Starfish (Asteroidea) are typical representatives of marine benthic fauna. They are a rich source of various low-molecular weight metabolites, polarsteroids and sphingolipids being the most abundant. It was shown that asterosaponin P1 from Patiria pectinifera (4 μM) could significantly increase the DNA damage produced in colorectal carcinoma (HT-29) cells by low-dose X-rays (2 Gy). In the alkaline comet assay, the tail moment increased from 8.6 ± 3.8 (n = 50) in irradiated cells to 29.5 ± 10.6 (n = 50) in the cells additionally treated with asterosaponin P1 [42].

2.8. Ascidacea

Trabectidin was identified as an active anticancer compound from the extract of the sea squirt Ecteinascidia turbinata. The compound is synthesized by the microbial symbiont of the tunicate. Actually, the compound is widely used as a drug for treatment of malignancies, including soft-tissue sarcomas, ovarian cancer, breast cancer and non-small-cell lung cancer [76]. Trabectedin is a tetrahydroisoquinoline alkaloid that can form a covalent bond with the amino group of a guanine in selected triplets of DNA duplexes and eventually gives rise to double-strand breaks. It binds the minor groove of DNA. Covalent binding of trabectidin triggers a cascade of events that interfere with several transcription factors, DNA binding proteins and DNA repair pathways [77]. The compound induces both transcription- and replication-coupled DNA double-strand breaks (DSBs) detectible by the neutral comet assay as well as the γ-H2AX assay [43]. DNA cleavage is performed by the XPF/ERCC1 nuclease on the strand opposite to that bound by the drug [78]. Trabectidin adducts stabilize double-stranded DNA and stall replication [79]; trabectidin also induces DNA curvatures [80].

2.9. Pisces

Fish muscles and fat are rich in DNA-protecting compounds. Supplementation of a dog’s diet with fish oil rich in omega-3 fatty acids (1 g per day, 90 days) reduced DNA damage as assayed by alkaline single-cell electrophoresis in peripheral blood lymphocytes from five dogs receiving fish oil compared with four dogs receiving a standard diet. The DNA damage index was reduced already at day 30 and became more pronounced at day 90 [81]. Bioactive oligopeptides (FWKVV and FMPLH) from the protein hydrolysate of the miiuy croaker (Acanthuriformes, Miichthys miiuy) muscle protected human umbilical vein endothelial cells (HUVECs) against damage produced by hydrogen peroxide. Antioxidant enzymes and molecules were up-regulated, production of radicals was decreased and the DNA damage assayed by alkaline single-cell electrophoresis was attenuated in a dose-dependent manner [44].

2.10. Amphibia

The skin secretion of amphibians presents physiologically active molecules to protect them against microorganisms, predators and infections. The Indian common toad (Bufo melanostictus, Schneider) skin extract produced significant DNA damage in human myeloid leukemic (U937 and K562) cells, followed by apoptosis. The alkaline comet assay was performed to detect the DNA damage and the extract was administered in a dose corresponding to the IC₅₀ [82]. A protein (BMP1) purified from the above species produced DNA damage assayed by single-cell electrophoresis in alkaline conditions and apoptosis in Ehrlich ascites carcinoma (EAC) cells [45].

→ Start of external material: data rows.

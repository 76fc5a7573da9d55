//! Schemas in the words of 2020-12.
ghost use Rattle.std.specs.Prelude.{◌≡◌, ◌&&◌, IfOk, OnOk, option_map};
ghost use Rattle.tinyjson.specs.Access.{is_array};
ghost use Rattle.std.specs.Str.{chars};
ghost use Rattle.tinyjson.specs.View.{view, items_view, members_view, members_listed};
ghost use Rattle.tinyjson_schema_drafts.specs.Translated.{translated, in_words, words_among, value_of};
ghost use Rattle.tinyjson_schema_drafts.specs.Translated.{list_in_words, items_in_words, map_in_words};
ghost use Rattle.tinyjson_schema_drafts.specs.Translated.{members_in_words, other_in_words, resource_in, is_resource};
ghost use Rattle.tinyjson_schema_drafts.specs.Translated.{id_of, has_uri, has_later_const};
ghost use Rattle.tinyjson_schema_drafts.specs.Translated.{id_in_words, name_in_words, key_lists};
ghost use Rattle.tinyjson_schema_drafts.specs.Translated.{is_uri, has_empty_fragment};
ghost use Rattle.tinyjson_schema_drafts.specs.Translated.{lists_among, value_alone};
ghost use Rattle.tinyjson_schema_drafts.specs.Translated.{put_by, put_new, word_of, put_lists};

use crate::draft::Draft;
use crate::recursive::{anchor_in_words, recursive_in_words};
use crate::reference::reference_in_words;
use crate::rule::{Rule, Traits, is_array, is_hidden, rule_of, traits_of};
use std::alloc::{AllocError, Global};
use std::collections::HashMap;
use text_uri::{fragment, without_fragment};
use tinyjson::{JsonValue, sorted_members};
use tinyjson_pointer::put_member;
use tinyjson_schema_keywords::{Keyword, operand, schema_at};

/// Where a schema is read: its draft, and the resource that it is in, by which references are judged.
#[derive(Clone, Copy)]
pub struct Reading<'a> {
    pub draft: Draft,
    pub resource: &'a JsonValue,
    pub alloc: Global,
}

/// A schema of draft 4, 6, 7 or 2019-09 in the words of 2020-12; the only error is out of memory.
///
/// A keyword that the draft has not, and that would apply in 2020-12, becomes null, and so does a reference that
/// would lead elsewhere: `Schema::read` of `tinyjson_schema` then rejects the schema at that place.
///
/// It calls itself for each nested schema, so it takes stack as the schema is nested.
///
/// ```
/// // Of {"items": [true], "additionalItems": false}: {"prefixItems": [true], "items": false}
/// let schema = translated(&schema, Draft::Draft7, alloc)?;
/// ```
#[inline(never)]
pub fn translated(schema: &JsonValue, draft: Draft, alloc: Global) -> Result<JsonValue, AllocError>
    ensures { IfOk result (λ v. view v ≡ translated draft (view schema.now)) }
{
    let reading = Reading {
        draft,
        resource: schema,
        alloc,
    };
    in_words(schema, reading)
}

#[cycle(words)]
fn in_words(schema: &JsonValue, reading: Reading<'_>) -> Result<JsonValue, AllocError>
    ensures { IfOk result (λ v. view v ≡ in_words reading.entry.draft
        (view reading.entry.resource.now) (view schema.now)) }
{
    let JsonValue::Object(keywords) = schema else {
        return other_in_words(schema, reading.draft, reading.alloc);
    };
    if has_later_const(schema, reading.draft) {
        return Ok(JsonValue::Null);
    }
    let traits = traits_of(reading.draft, schema);
    let inner = Reading {
        draft: reading.draft,
        resource: resource_in(reading.resource, schema, reading.draft),
        alloc: reading.alloc,
    };
    let sorted = sorted_members(reading.alloc, keywords)?;
    let members = words_among(sorted.as_slice(), traits, inner)?;
    Ok(JsonValue::Object(members))
}

/// Whether a schema of draft 4 has `const`, which is of draft 6, and which would accept null in its place.
fn has_later_const(schema: &JsonValue, draft: Draft) -> bool
    ensures { result ≡ has_later_const draft (view schema.now) }
{
    match draft {
        Draft::Draft4 => {
            schema_at(schema, Keyword::Ref).is_none() && schema_at(schema, Keyword::Const).is_some()
        }
        _ => false,
    }
}

/// A schema that is no object; draft 4 has none.
fn other_in_words(schema: &JsonValue, draft: Draft, alloc: Global) -> Result<JsonValue, AllocError>
    ensures { IfOk result (λ v. view v ≡ other_in_words draft (view schema.now)) }
{
    match draft {
        Draft::Draft4 => Ok(JsonValue::Null),
        _ => schema.try_clone(alloc),
    }
}

/// The resource that the keywords of a schema are in: the schema itself, if it has a URI.
fn resource_in<'a>(resource: &'a JsonValue, schema: &'a JsonValue, draft: Draft) -> &'a JsonValue
    ensures { view result.now ≡ resource_in draft (view resource.now) (view schema.now) }
{
    if is_resource(schema, draft) {
        schema
    } else {
        resource
    }
}

fn is_resource(schema: &JsonValue, draft: Draft) -> bool
    ensures { result ≡ is_resource draft (view schema.now) }
{
    if is_hidden(schema, draft) {
        return false;
    }
    match id_of(schema, draft) {
        Some(id) => has_uri(id),
        None => false,
    }
}

/// The `$id` of a schema, which is `id` in draft 4.
fn id_of(schema: &JsonValue, draft: Draft) -> Option<&JsonValue>
    ensures { option_map (λ x. view x.now) result ≡ id_of draft (view schema.now) }
{
    match draft {
        Draft::Draft4 => operand(schema, "id"),
        _ => schema_at(schema, Keyword::Id),
    }
}

/// The keywords of a schema, from the last one on.
#[cycle(words)]
fn words_among(
    keywords: &[(&String, &JsonValue)],
    traits: Traits,
    reading: Reading<'_>,
) -> Result<HashMap<String, JsonValue>, AllocError>
    ensures { IfOk result (λ m. members_view m.entries ≡ words_among traits
        reading.entry.draft (view reading.entry.resource.now) (members_listed keywords.now)) }
{
    let mut members = HashMap::new(reading.alloc);
    let mut left = keywords.len();
    while left > 0 {
        left -= 1;
        let keyword = keywords[left];
        let (name, operand) = keyword;
        let name = name.as_str();
        let rule = rule_of(traits, name, operand);
        let value = value_of(rule, operand, reading)?;
        put_lists(&mut members, rule, operand, reading.alloc)?;
        put_by(&mut members, rule, name, value, reading.alloc)?;
    }
    Ok(members)
}

/// What a keyword's value becomes. Neither this is inlined nor what it calls, so that the recursion takes less stack.
#[cycle(words)]
#[inline(never)]
fn value_of(
    rule: Rule,
    operand: &JsonValue,
    reading: Reading<'_>,
) -> Result<Option<JsonValue>, AllocError>
    ensures { IfOk result (λ o. option_map view o ≡ value_of rule reading.entry.draft
        (view reading.entry.resource.now) (view operand.now)) }
{
    match rule {
        Rule::Schema | Rule::Rest => Ok(Some(in_words(operand, reading)?)),
        Rule::Schemas | Rule::Prefix => Ok(Some(list_in_words(operand, reading)?)),
        Rule::Map => Ok(Some(map_in_words(operand, false, reading)?)),
        Rule::Dependencies => Ok(Some(map_in_words(operand, true, reading)?)),
        _ => value_alone(rule, operand, reading),
    }
}

#[cycle(words)]
#[inline(never)]
fn list_in_words(schemas: &JsonValue, reading: Reading<'_>) -> Result<JsonValue, AllocError>
    ensures { IfOk result (λ v. view v ≡ list_in_words reading.entry.draft
        (view reading.entry.resource.now) (view schemas.now)) }
{
    let JsonValue::Array(items) = schemas else {
        return schemas.try_clone(reading.alloc);
    };
    let items = items_in_words(items.as_slice(), reading)?;
    Ok(JsonValue::Array(items))
}

#[cycle(words)]
fn items_in_words(schemas: &[JsonValue], reading: Reading<'_>) -> Result<Vec<JsonValue>, AllocError>
    ensures { IfOk result (λ l. items_view l.items ≡ items_in_words reading.entry.draft
        (view reading.entry.resource.now) (items_view schemas.now)) }
{
    let mut items = Vec::new(reading.alloc);
    for schema in schemas {
        let item = in_words(schema, reading)?;
        items.push(item)?;
    }
    Ok(items)
}

#[cycle(words)]
#[inline(never)]
fn map_in_words(
    schemas: &JsonValue,
    has_lists: bool,
    reading: Reading<'_>,
) -> Result<JsonValue, AllocError>
    ensures { IfOk result (λ v. view v ≡ map_in_words has_lists reading.entry.draft
        (view reading.entry.resource.now) (view schemas.now)) }
{
    let JsonValue::Object(members) = schemas else {
        return schemas.try_clone(reading.alloc);
    };
    let sorted = sorted_members(reading.alloc, members)?;
    let members = members_in_words(sorted.as_slice(), has_lists, reading)?;
    Ok(JsonValue::Object(members))
}

/// The schemas at keys; arrays, where there may be some, are left out.
#[cycle(words)]
fn members_in_words(
    schemas: &[(&String, &JsonValue)],
    has_lists: bool,
    reading: Reading<'_>,
) -> Result<HashMap<String, JsonValue>, AllocError>
    ensures { IfOk result (λ m. members_view m.entries ≡ members_in_words has_lists
        reading.entry.draft (view reading.entry.resource.now) (members_listed schemas.now)) }
{
    let mut members = HashMap::new(reading.alloc);
    let mut left = schemas.len();
    while left > 0 {
        left -= 1;
        let member = schemas[left];
        let (key, schema) = member;
        if !is_left_out(has_lists, schema) {
            let value = in_words(schema, reading)?;
            put_member(&mut members, key.as_str(), value, reading.alloc)?;
        }
    }
    Ok(members)
}

/// Whether it is an array, where there may be some.
fn is_left_out(has_lists: bool, value: &JsonValue) -> bool
    ensures { result ≡ has_lists && is_array (view value.now) }
{
    has_lists && is_array(value)
}

/// What the value of a keyword without schemas becomes.
#[inline(never)]
fn value_alone(
    rule: Rule,
    operand: &JsonValue,
    reading: Reading<'_>,
) -> Result<Option<JsonValue>, AllocError>
    ensures { IfOk result (λ o. option_map view o ≡ value_alone rule
        (view reading.entry.resource.now) (view operand.now)) }
{
    match rule {
        Rule::Drop => Ok(None),
        Rule::Reject => Ok(Some(JsonValue::Null)),
        Rule::Id => Ok(Some(id_in_words(operand, reading.alloc)?)),
        Rule::Name => Ok(Some(name_in_words(operand, reading.alloc)?)),
        Rule::Reference => Ok(Some(reference_in_words(operand, reading.resource, reading.alloc)?)),
        Rule::Recursive => Ok(Some(recursive_in_words(operand, reading.resource, reading.alloc)?)),
        Rule::RecursiveAnchor => Ok(Some(anchor_in_words(
            operand,
            reading.resource,
            reading.alloc,
        )?)),
        _ => Ok(Some(operand.try_clone(reading.alloc)?)),
    }
}

/// Whether an `$id` is more than a fragment.
fn has_uri(id: &JsonValue) -> bool
    ensures { result ≡ has_uri (view id.now) }
{
    match id {
        JsonValue::String(id) => is_uri(id.as_str()),
        _ => false,
    }
}

fn is_uri(id: &str) -> bool
    ensures { result ≡ is_uri id.now }
{
    !without_fragment(id).is_empty()
}

/// An `$id` without an empty fragment.
fn id_in_words(id: &JsonValue, alloc: Global) -> Result<JsonValue, AllocError>
    ensures { IfOk result (λ v. view v ≡ id_in_words (view id.now)) }
{
    let JsonValue::String(text) = id else {
        return id.try_clone(alloc);
    };
    let text = text.as_str();
    if !has_empty_fragment(text) {
        return id.try_clone(alloc);
    }
    let uri = String::from_str(alloc, without_fragment(text))?;
    Ok(JsonValue::String(uri))
}

fn has_empty_fragment(id: &str) -> bool
    ensures { result ≡ has_empty_fragment id.now }
{
    match fragment(id) {
        Some(fragment) => fragment.is_empty(),
        None => false,
    }
}

/// The name that an `$id` is.
fn name_in_words(id: &JsonValue, alloc: Global) -> Result<JsonValue, AllocError>
    ensures { IfOk result (λ v. view v ≡ name_in_words (view id.now)) }
{
    let JsonValue::String(text) = id else {
        return id.try_clone(alloc);
    };
    match fragment(text.as_str()) {
        Some(name) => Ok(JsonValue::String(String::from_str(alloc, name)?)),
        None => id.try_clone(alloc),
    }
}

/// Puts the value at the keyword's word, if there is one.
#[inline(never)]
fn put_by(
    members: &mut HashMap<String, JsonValue>,
    rule: Rule,
    name: &str,
    value: Option<JsonValue>,
    alloc: Global,
) -> Result<(), AllocError>
    ensures { OnOk result (members_view members.new.entries ≡ put_by rule (chars name.now)
        (option_map view value) (members_view members.old.entries)) }
{
    let Some(value) = value else {
        return Ok(());
    };
    match word_of(rule) {
        Some(word) => put_new(members, word, value, alloc),
        None => put_member(members, name, value, alloc),
    }
}

/// The keyword of 2020-12, where its name is another one.
fn word_of(rule: Rule) -> Option<Keyword>
    ensures { result ≡ word_of rule }
{
    match rule {
        Rule::Rest | Rule::RestFlag => Some(Keyword::Items),
        Rule::Below => Some(Keyword::ExclusiveMaximum),
        Rule::Above => Some(Keyword::ExclusiveMinimum),
        Rule::Id => Some(Keyword::Id),
        Rule::Prefix => Some(Keyword::PrefixItems),
        Rule::Dependencies => Some(Keyword::DependentSchemas),
        Rule::Name => Some(Keyword::Anchor),
        Rule::Recursive => Some(Keyword::DynamicRef),
        Rule::RecursiveAnchor => Some(Keyword::DynamicAnchor),
        _ => None,
    }
}

/// Puts the arrays of keys of `dependencies` at `dependentRequired`.
#[inline(never)]
fn put_lists(
    members: &mut HashMap<String, JsonValue>,
    rule: Rule,
    operand: &JsonValue,
    alloc: Global,
) -> Result<(), AllocError>
    ensures { OnOk result (members_view members.new.entries ≡ put_lists rule
        (view operand.now) (members_view members.old.entries)) }
{
    match rule {
        Rule::Dependencies => {
            let lists = key_lists(operand, alloc)?;
            put_new(members, Keyword::DependentRequired, lists, alloc)
        }
        _ => Ok(()),
    }
}

/// The arrays among the members of an object.
fn key_lists(value: &JsonValue, alloc: Global) -> Result<JsonValue, AllocError>
    ensures { IfOk result (λ v. view v ≡ key_lists (view value.now)) }
{
    let JsonValue::Object(members) = value else {
        return value.try_clone(alloc);
    };
    let sorted = sorted_members(alloc, members)?;
    let lists = lists_among(sorted.as_slice(), alloc)?;
    Ok(JsonValue::Object(lists))
}

fn lists_among(
    members: &[(&String, &JsonValue)],
    alloc: Global,
) -> Result<HashMap<String, JsonValue>, AllocError>
    ensures { IfOk result (λ m. members_view m.entries
        ≡ lists_among (members_listed members.now)) }
{
    let mut lists = HashMap::new(alloc);
    let mut left = members.len();
    while left > 0 {
        left -= 1;
        let member = members[left];
        let (key, value) = member;
        if is_array(value) {
            let list = value.try_clone(alloc)?;
            put_member(&mut lists, key.as_str(), list, alloc)?;
        }
    }
    Ok(lists)
}

/// Puts the value at the keyword, if there is none: a keyword of another draft there is rejected as it was.
fn put_new(
    members: &mut HashMap<String, JsonValue>,
    keyword: Keyword,
    value: JsonValue,
    alloc: Global,
) -> Result<(), AllocError>
    ensures { OnOk result (members_view members.new.entries ≡ put_new keyword (view value)
        (members_view members.old.entries)) }
{
    if members.contains_key(keyword.name()) {
        return Ok(());
    }
    put_member(members, keyword.name(), value, alloc)
}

Marinobufagin, a steroid excreted from the skin of toads Bufo rubescens and Bufo marinus, manifested a selective cytotoxic effect in tumour cell lines; normal cells were much less sensitive to it. However, it did not produce DNA lesions [46]. Similarly, bufalin, a steroid toxin isolated from the Chinese toad (Bufo gargarizans), is a topoisomerase II inhibitor; however, it did not damage DNA [47].

2.11. Reptiles (Serpentes)

Snake venoms are formed from a complex mixture of enzymes including phospholipases A₂, metalloproteinases and serine proteases. The venoms also contain three-finger toxins interfering with nerve impulse transduction and some small peptides. The latter component is more abundant in the Elapidae family of snakes, the three former components in the Viperidae family. Interestingly, the enzyme of the snake venoms produces toxic effects not related to their enzymatic activity [83].

Envenomation after Viperid bites is typically followed by strong pain, local swelling and necrosis, blood loss and cardiovascular damage complicated by coagulopathy, and disruption of the blood-clotting system. Viperid venom also causes vascular endothelial damage and haemolysis. Death is caused by a collapse in blood pressure [83].

Genotoxic effects were reported for venoms of several species. The venom of the Iranian viper (Vipera latifii) produced DNA damage in human hepatocellular carcinoma (HepG2) cells [84]. The same cell culture was used for testing genotoxic and cytotoxic effects of the toxic component of the Bulgarian sand viper (Vipera ammodytes meridionalis) venom—vipoxin. Vipoxin is composed of a basic and toxic phospholipase A₂ enzyme and an acidic, enzymatically inactive and non-toxic subunit—a vipoxin acidic component. Vipoxin and the vipoxin acidic component produced double-strand DNA breaks, demonstrated by means of the neutral comet assay. The compounds were administered in doses ranging from 0.35 to 2.88 μM and the effect was dose dependent compared with the negative control. The phospholipase A₂ component was much less genotoxic, although it triggered apoptosis [48].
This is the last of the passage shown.